Nevertheless, as this rapidly progressing technology improves further, the current limitations may be overcome, paving the way for the clinical use of PAL, which it is hoped will contribute to improved treatment for lymphedema patients.

Conclusions

PAL is a newly developed imaging modality that shows promise as an aid to the diagnosis and surgical planning of lymphedema by providing helpful anatomical information with clear 3D images of lymphatic vessels and adjacent veins. Real-time videos of the lymphatic vessels acquired by PAL may also be useful for investigations into the pathogenesis of lymphedema, which has yet to be established, because more precise quantitative assessment of the smooth muscle function in lymphedema patients or subclinical subjects may be possible. Although challenges remain for implementation in actual clinical practice, most of them can be addressed with technological advancements. Further developments are anticipated in the system configuration and the vascular mapping algorithms with future trials to demonstrate the utility of PAL as a diagnostic tool facilitating intervention management.

Acknowledgments

We would like to express our sincere gratitude to all our collaborators: Takayuki Yagi, Yasufumi Asao, Yoshifumi Takatsume, Moemi Urano, Keisuke Okabe, Shiho Watanabe, Yukari Nakajima, Marika Otaki, Hikaru Kono, and Miho Baba. We also thank Luxonus, Inc., for the generous use of their WF-PAT system for this study.
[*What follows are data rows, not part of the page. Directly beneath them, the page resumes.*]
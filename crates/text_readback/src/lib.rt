// The seed list that is written is read back as what was written, as definitions and laws: no code.
#![tactic(auto)]
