mod daemon;
mod daemon_faults;
mod waits;
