//! Tests of a slave's daemon, over hosts in memory.
#![tactic(auto)]

#[cfg(test)]
mod tests;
This research was funded by the Impulsing Paradigm Change through Disruptive Technologies Program (ImPACT) of the Council for Science, Technology and Innovation (Cabinet Office, Government of Japan); the Japan Agency for Medical Research and Development (AMED) under Grant Number 19he2302002h0501; and the Japan Society for the Promotion of Science (JSPS) KAKENHI Grant Number JP 19K17207.

Conflicts of Interest

The WF-PAT system was lent to Keio University School of Medicine (Keio University Hospital) free of charge by Luxonus, Inc. AS is the CEO of Luxonus, Inc. The other authors declare that no conflicts of interest exist.